• **Try it**:
Give the count of lines in the records below that contain "WebBlock", with no other words.

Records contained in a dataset
§

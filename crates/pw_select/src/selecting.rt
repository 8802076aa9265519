//! Selection.

ghost use Rattle.std.specs.Prelude.{◌≡◌, ◌+◌, ◌<◌, ◌≤◌, ◌^◌, ◌++◌, length, IfOk, OnOk};
ghost use Rattle.std.specs.List.{flat_map, AllByRecursion};
ghost use Rattle.pw_select_lines.specs.Operations.{web_op_lines, layout};
ghost use Rattle.pw_select.specs.Selection.{end_lines, block_lines, blocks_lines, slot_offsets, selected};
ghost use Rattle.pw_select_lines.specs.Selectable.{IsSelectable};
ghost use Rattle.pw_select.specs.Selectable.{IsFrame, IsSelectableBlock};
ghost use Rattle.pw_alloc.specs.Allocation.{in_frame};
ghost use Rattle.pw_alloc.specs.Frames.{head_size};
ghost use Rattle.pw_alloc.specs.ValidPlaces.{IsLocated};
ghost use Rattle.pw_delay.specs.Lines.{AreLines};

use crate::bounds::{put_epilogue, put_prologue};
use pw_alloc::{Located, Place, head_size, slot_offsets, slots_begin};
use pw_flow::End;
use pw_inst::{ANSWER, FIRST, Line};
use pw_items::Items;
use pw_select_lines::{place_of, put_loaded, put_operand, put_web_op};
use pw_value::words::next_word;
use pw_webflow::{WebBlock, WebOp};
use std::alloc::{AllocError, Global};

/// How many temporaries stand in the frame.
fn in_frame(places: &[Place]) -> u32
    requires { length places.now < 2 ^ 32 }
    ensures value { result ≡ in_frame places.now }
{
    let mut count = 0;
    let mut rest = places;
    while let [place, after @ ..] = rest {
        if let Place::Slot(_) = place {
            count += 1;
        }
        rest = after;
    }
    count
}

/// The way on from a block, by the size of the frame's head.
fn put_end(
    alloc: Global,
    out: &mut Items<Line>,
    f: &Located,
    head: u32,
    end: End,
) -> Result<(), AllocError>
    requires frame { IsFrame f.now }
    requires head { head ≡ head_size f.now.body }
    ensures { OnOk result (out.new ≡ out.old ++ end_lines f.now end) }
{
    match end {
        End::Jump(block) => out.push(Line::Jump(block)),
        End::Branch(a, yes, no) => {
            let r = put_operand(out, place_of(f.places.as_slice(), a), FIRST)?;
            out.push(Line::BranchNonZero(r, yes))?;
            out.push(Line::Jump(no))
        }
        End::Return(None) => put_epilogue(alloc, out, f, head),
        End::Return(Some(a)) => {
            put_loaded(out, place_of(f.places.as_slice(), a), ANSWER)?;
            put_epilogue(alloc, out, f, head)
        }
    }
}

fn put_ops(
    alloc: Global,
    out: &mut Items<Line>,
    places: &[Place],
    slots: &[i32],
    ops: &[WebOp],
) -> Result<(), AllocError>
    requires { AllByRecursion IsSelectable ops.now }
    ensures { OnOk result (out.new ≡ out.old ++ flat_map (web_op_lines (layout places.now slots.now)) ops.now) }
{
    let mut rest = ops;
    while let [op, after @ ..] = rest {
        put_web_op(alloc, out, places, slots, op)?;
        rest = after;
    }
    Ok(())
}

/// The lines of the block of a number.
fn put_block(
    alloc: Global,
    out: &mut Items<Line>,
    f: &Located,
    head: u32,
    slots: &[i32],
    number: u32,
    block: &WebBlock,
) -> Result<(), AllocError>
    requires frame { IsFrame f.now }
    requires head { head ≡ head_size f.now.body }
    requires ops { IsSelectableBlock block.now }
    ensures { OnOk result (out.new ≡ out.old ++ block_lines f.now slots.now number block.now) }
{
    out.push(Line::Label(number))?;
    put_ops(alloc, out, f.places.as_slice(), slots, block.ops.as_slice())?;
    put_end(alloc, out, f, head, block.end)
}

/// The lines of blocks, the first of which has the number 0.
fn put_blocks(
    alloc: Global,
    out: &mut Items<Line>,
    f: &Located,
    head: u32,
    slots: &[i32],
    blocks: &[WebBlock],
) -> Result<(), AllocError>
    requires frame { IsFrame f.now }
    requires head { head ≡ head_size f.now.body }
    requires ops { AllByRecursion IsSelectableBlock blocks.now }
    ensures { OnOk result (out.new ≡ out.old ++ blocks_lines f.now slots.now 0 blocks.now) }
{
    let mut number: u32 = 0;
    let mut rest = blocks;
    while let [block, after @ ..] = rest {
        put_block(alloc, out, f, head, slots, number, block)?;
        number = next_word(number)?;
        rest = after;
    }
    Ok(())
}

/// The size of the frame's head. It is taken once, since it reads every operation.
fn frame_head(f: &Located) -> u32
    requires { IsLocated f.now }
    ensures { result ≡ head_size f.now.body }
{
    head_size(&f.body)
}

/// The offsets of the slots of the frame.
fn frame_slots(alloc: Global, f: &Located) -> Result<Items<i32>, AllocError>
    requires { IsLocated f.now }
    ensures { IfOk result (λ offsets. offsets ≡ slot_offsets f.now) }
{
    let head = head_size(&f.body);
    let temps = in_frame(f.places.as_slice());
    let begin = slots_begin(head, f.saved.len() as u32, temps);
    let offsets = slot_offsets(alloc, begin, f.body.slots.as_slice())?;
    Ok(offsets)
}

/// The prologue, the blocks in order, and at each return the epilogue.
#[tactic(auto, unfolding(crate::specs::Selection::selected))]
fn select_lines(alloc: Global, f: &Located) -> Result<Items<Line>, AllocError>
    requires { IsLocated f.now }
    ensures { IfOk result (λ lines. lines ≡ selected f.now) }
{
    let slots = frame_slots(alloc, f)?;
    let head = frame_head(f);
    let mut out = Items::new(alloc);
    put_prologue(alloc, &mut out, f)?;
    put_blocks(
        alloc,
        &mut out,
        f,
        head,
        slots.as_slice(),
        f.body.blocks.as_slice(),
    )?;
    Ok(out)
}

/// The lines of a lawful function's code, which can be placed.
pub fn select(alloc: Global, f: &Located) -> Result<Vec<Line>, AllocError>
    requires { IsLocated f.now }
    ensures value { IfOk result (λ lines. lines.items ≡ selected f.now) }
    ensures lines { IfOk result (λ lines. AreLines lines.items) }
{
    let lines = select_lines(alloc, f)?;
    Ok(lines.into_vec())
}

§

• **Exercise response**:
3